## Work to be completed
In this data, count the lines in which "CalloutParcel" appears and give only that number.

## Information provided

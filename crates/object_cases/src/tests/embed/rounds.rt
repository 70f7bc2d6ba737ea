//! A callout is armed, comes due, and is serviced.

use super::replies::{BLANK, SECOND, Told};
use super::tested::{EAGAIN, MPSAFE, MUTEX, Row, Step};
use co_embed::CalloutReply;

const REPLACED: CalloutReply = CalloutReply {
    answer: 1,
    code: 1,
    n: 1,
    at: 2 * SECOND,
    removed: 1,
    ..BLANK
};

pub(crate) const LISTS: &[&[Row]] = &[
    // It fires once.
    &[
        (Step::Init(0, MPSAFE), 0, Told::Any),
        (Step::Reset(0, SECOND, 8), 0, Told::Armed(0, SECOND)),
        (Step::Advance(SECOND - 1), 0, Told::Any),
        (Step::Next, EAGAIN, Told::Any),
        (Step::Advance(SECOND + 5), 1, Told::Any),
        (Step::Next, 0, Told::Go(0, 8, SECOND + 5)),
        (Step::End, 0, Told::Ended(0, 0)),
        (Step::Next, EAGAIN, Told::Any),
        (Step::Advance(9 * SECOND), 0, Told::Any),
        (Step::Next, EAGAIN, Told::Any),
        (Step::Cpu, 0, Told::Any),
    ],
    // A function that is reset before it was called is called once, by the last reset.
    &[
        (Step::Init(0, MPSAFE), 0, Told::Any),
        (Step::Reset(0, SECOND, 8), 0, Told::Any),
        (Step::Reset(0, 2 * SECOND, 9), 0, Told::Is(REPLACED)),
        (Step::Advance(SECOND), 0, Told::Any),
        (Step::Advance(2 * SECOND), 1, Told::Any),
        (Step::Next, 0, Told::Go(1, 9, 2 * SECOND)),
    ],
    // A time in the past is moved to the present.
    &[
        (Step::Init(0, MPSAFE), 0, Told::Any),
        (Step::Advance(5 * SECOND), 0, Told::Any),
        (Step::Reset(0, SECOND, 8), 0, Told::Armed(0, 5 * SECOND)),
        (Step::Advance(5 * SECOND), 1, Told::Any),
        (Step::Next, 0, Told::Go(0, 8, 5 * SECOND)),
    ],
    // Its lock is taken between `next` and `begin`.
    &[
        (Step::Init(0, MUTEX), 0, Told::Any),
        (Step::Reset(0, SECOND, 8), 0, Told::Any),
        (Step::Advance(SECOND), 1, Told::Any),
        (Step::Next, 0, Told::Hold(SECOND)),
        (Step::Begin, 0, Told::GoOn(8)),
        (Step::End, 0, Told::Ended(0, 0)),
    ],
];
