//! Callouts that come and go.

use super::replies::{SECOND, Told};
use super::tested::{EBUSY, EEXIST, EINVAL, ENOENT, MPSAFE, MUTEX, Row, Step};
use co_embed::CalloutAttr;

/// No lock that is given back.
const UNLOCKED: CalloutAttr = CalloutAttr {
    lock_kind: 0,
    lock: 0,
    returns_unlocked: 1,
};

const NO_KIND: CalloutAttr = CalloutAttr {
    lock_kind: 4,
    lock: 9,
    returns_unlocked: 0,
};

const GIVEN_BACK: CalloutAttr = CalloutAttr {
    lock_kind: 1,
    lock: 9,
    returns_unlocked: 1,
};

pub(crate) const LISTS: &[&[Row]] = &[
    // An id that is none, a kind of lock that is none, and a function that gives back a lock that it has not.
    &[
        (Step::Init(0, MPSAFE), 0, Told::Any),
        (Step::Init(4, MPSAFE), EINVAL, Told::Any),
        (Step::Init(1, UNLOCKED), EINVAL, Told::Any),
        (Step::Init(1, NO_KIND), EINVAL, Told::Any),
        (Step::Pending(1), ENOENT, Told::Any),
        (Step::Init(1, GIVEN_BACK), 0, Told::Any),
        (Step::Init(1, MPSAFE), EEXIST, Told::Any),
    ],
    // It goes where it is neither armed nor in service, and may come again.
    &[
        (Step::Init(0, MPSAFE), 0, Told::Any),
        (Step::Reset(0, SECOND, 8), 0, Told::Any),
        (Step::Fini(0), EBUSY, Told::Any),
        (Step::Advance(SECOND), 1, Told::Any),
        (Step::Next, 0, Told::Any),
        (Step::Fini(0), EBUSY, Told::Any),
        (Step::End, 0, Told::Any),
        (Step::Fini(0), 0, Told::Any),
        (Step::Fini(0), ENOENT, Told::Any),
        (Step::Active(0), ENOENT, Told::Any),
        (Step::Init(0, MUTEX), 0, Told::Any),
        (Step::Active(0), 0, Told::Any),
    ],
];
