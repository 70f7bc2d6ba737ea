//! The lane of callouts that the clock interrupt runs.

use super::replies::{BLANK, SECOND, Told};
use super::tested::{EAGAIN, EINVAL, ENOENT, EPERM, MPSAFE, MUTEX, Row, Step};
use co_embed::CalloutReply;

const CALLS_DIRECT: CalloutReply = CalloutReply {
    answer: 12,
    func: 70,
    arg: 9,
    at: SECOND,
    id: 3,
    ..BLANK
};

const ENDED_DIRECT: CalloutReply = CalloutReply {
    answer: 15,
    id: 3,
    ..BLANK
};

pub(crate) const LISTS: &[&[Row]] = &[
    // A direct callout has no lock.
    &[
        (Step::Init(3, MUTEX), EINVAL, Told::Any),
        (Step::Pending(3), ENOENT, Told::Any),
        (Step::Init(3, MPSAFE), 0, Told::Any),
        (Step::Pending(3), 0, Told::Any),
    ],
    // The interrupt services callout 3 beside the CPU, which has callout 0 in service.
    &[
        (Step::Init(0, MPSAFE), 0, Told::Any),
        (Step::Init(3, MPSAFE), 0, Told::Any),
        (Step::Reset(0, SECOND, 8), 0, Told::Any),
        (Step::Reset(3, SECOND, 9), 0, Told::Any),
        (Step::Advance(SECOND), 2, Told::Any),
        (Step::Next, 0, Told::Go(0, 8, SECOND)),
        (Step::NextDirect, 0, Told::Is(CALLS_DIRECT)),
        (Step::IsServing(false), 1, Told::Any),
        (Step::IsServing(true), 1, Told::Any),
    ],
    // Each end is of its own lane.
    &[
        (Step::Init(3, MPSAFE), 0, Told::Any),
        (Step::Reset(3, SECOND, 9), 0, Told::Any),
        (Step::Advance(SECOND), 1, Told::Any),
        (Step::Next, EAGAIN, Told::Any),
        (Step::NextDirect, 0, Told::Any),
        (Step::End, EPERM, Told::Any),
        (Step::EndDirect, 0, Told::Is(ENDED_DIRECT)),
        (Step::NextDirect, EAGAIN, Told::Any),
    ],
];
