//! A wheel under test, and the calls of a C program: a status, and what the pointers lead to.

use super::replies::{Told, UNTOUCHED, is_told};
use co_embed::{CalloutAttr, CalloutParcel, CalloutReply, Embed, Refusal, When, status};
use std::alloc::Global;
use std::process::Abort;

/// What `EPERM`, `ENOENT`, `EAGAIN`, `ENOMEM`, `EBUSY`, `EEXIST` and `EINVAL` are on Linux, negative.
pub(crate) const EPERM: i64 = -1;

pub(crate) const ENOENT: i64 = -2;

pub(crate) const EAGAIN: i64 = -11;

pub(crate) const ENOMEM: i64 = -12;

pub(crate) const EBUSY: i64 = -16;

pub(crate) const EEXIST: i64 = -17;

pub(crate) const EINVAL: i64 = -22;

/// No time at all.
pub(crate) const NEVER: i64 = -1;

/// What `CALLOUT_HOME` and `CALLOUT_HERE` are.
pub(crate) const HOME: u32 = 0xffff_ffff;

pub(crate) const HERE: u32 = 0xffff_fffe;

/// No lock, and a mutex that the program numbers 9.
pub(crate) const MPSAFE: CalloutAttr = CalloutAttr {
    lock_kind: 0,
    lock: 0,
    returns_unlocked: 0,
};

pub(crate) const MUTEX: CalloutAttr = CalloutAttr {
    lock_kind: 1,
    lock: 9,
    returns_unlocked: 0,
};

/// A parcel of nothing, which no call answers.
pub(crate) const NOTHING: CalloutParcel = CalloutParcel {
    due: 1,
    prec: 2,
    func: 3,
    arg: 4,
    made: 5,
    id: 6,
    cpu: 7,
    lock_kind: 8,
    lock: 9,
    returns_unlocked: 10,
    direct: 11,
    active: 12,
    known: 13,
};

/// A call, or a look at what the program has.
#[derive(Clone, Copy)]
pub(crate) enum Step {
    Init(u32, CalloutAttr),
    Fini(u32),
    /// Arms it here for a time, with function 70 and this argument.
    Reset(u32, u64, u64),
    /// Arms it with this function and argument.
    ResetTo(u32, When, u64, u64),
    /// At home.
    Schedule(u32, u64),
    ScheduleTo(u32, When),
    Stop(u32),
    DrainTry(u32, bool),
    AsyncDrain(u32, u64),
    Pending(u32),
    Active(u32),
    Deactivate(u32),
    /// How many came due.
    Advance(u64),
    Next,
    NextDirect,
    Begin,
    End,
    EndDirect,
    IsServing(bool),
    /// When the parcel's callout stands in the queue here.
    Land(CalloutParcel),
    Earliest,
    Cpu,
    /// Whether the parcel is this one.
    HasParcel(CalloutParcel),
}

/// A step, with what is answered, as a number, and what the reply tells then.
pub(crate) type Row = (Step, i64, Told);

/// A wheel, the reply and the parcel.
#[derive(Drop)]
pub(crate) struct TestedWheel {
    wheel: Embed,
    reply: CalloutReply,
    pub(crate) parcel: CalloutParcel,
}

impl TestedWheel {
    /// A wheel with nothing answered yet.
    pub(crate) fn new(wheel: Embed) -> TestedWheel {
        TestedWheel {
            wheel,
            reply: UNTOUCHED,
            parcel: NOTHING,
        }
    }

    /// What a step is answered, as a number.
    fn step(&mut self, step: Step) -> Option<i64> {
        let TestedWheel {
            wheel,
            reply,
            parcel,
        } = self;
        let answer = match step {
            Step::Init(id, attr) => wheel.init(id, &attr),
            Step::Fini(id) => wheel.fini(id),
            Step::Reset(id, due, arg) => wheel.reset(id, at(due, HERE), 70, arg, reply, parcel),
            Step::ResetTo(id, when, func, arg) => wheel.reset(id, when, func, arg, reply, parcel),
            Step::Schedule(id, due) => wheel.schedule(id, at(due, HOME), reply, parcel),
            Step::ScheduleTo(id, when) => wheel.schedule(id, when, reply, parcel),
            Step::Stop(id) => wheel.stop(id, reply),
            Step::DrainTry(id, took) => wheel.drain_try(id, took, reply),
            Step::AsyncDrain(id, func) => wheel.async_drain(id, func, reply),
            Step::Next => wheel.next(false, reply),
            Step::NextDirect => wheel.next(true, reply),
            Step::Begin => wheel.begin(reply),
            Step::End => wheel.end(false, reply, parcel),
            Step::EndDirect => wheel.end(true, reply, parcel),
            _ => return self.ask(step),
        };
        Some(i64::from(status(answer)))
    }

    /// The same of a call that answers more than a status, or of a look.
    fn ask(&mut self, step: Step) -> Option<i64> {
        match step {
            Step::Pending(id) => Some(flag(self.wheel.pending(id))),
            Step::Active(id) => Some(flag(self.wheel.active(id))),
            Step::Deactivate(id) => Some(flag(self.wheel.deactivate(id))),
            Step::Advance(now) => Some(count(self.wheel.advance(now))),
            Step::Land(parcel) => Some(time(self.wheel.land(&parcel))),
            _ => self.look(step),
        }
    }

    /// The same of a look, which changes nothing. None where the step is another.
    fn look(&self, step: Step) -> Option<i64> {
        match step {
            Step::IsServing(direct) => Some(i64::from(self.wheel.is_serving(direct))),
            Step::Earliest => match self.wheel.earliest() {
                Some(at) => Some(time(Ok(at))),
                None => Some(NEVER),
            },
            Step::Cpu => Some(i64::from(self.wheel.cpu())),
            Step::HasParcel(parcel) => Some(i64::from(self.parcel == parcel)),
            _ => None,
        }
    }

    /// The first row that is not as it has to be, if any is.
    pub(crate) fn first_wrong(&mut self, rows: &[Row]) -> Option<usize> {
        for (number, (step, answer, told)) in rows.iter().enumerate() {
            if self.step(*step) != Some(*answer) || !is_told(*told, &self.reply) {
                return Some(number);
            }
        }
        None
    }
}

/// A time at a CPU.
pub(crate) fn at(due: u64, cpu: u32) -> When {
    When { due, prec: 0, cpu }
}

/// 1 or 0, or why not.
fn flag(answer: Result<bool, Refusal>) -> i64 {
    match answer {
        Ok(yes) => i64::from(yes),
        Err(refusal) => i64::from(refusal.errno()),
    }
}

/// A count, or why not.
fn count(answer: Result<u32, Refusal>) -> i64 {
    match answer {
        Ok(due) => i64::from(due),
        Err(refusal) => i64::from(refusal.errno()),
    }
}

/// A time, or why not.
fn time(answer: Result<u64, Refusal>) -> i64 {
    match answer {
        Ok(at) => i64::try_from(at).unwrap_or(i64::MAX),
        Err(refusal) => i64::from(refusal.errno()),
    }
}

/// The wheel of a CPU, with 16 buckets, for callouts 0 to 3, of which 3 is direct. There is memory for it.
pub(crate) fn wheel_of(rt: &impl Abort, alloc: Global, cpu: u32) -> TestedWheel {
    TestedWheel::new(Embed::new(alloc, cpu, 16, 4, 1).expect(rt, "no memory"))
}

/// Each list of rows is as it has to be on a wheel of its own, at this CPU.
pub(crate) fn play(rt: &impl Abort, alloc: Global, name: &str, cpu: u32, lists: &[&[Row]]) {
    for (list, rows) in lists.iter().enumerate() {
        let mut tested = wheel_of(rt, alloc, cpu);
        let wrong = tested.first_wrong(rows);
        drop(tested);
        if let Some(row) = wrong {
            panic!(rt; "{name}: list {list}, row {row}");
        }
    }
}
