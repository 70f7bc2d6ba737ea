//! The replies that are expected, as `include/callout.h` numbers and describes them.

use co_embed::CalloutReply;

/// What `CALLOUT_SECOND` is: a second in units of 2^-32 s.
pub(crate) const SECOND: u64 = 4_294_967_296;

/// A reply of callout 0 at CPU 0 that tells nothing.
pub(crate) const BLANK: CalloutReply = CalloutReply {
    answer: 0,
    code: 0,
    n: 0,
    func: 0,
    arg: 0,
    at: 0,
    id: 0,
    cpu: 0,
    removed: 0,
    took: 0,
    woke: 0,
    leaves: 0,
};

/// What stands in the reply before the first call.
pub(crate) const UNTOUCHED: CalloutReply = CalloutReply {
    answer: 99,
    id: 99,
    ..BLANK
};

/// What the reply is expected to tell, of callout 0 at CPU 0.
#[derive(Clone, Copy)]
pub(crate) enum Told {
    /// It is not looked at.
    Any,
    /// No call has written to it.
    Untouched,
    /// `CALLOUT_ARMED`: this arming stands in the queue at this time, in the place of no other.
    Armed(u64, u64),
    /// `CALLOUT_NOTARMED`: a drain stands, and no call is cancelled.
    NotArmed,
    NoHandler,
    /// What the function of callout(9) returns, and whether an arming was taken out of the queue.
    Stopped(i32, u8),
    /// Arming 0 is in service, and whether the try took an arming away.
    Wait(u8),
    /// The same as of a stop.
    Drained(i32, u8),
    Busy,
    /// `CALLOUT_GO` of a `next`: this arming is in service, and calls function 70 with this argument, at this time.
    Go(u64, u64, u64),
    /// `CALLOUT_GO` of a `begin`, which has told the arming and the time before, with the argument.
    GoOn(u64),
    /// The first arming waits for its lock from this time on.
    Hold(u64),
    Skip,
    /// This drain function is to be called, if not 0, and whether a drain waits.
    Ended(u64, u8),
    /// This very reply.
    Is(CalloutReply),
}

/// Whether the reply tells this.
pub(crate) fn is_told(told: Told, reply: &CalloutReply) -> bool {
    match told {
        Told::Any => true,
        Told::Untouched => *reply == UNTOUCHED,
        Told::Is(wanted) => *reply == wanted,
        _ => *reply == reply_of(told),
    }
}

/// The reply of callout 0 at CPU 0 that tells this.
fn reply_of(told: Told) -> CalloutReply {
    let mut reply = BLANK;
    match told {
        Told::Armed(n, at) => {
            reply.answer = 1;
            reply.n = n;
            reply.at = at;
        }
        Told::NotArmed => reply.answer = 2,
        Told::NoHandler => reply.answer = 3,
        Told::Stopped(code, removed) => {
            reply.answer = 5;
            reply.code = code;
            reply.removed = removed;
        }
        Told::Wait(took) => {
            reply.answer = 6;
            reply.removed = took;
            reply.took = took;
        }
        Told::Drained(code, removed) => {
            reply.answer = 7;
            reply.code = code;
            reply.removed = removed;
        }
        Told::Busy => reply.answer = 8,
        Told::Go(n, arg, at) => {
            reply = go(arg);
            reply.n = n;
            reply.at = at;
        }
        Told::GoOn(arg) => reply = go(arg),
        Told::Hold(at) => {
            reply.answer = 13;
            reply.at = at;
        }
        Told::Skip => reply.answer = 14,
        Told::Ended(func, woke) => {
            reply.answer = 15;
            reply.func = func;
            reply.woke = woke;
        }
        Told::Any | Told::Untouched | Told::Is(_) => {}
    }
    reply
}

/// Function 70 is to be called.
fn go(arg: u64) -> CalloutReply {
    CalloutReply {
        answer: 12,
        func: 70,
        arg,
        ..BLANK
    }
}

## Solution to this task
5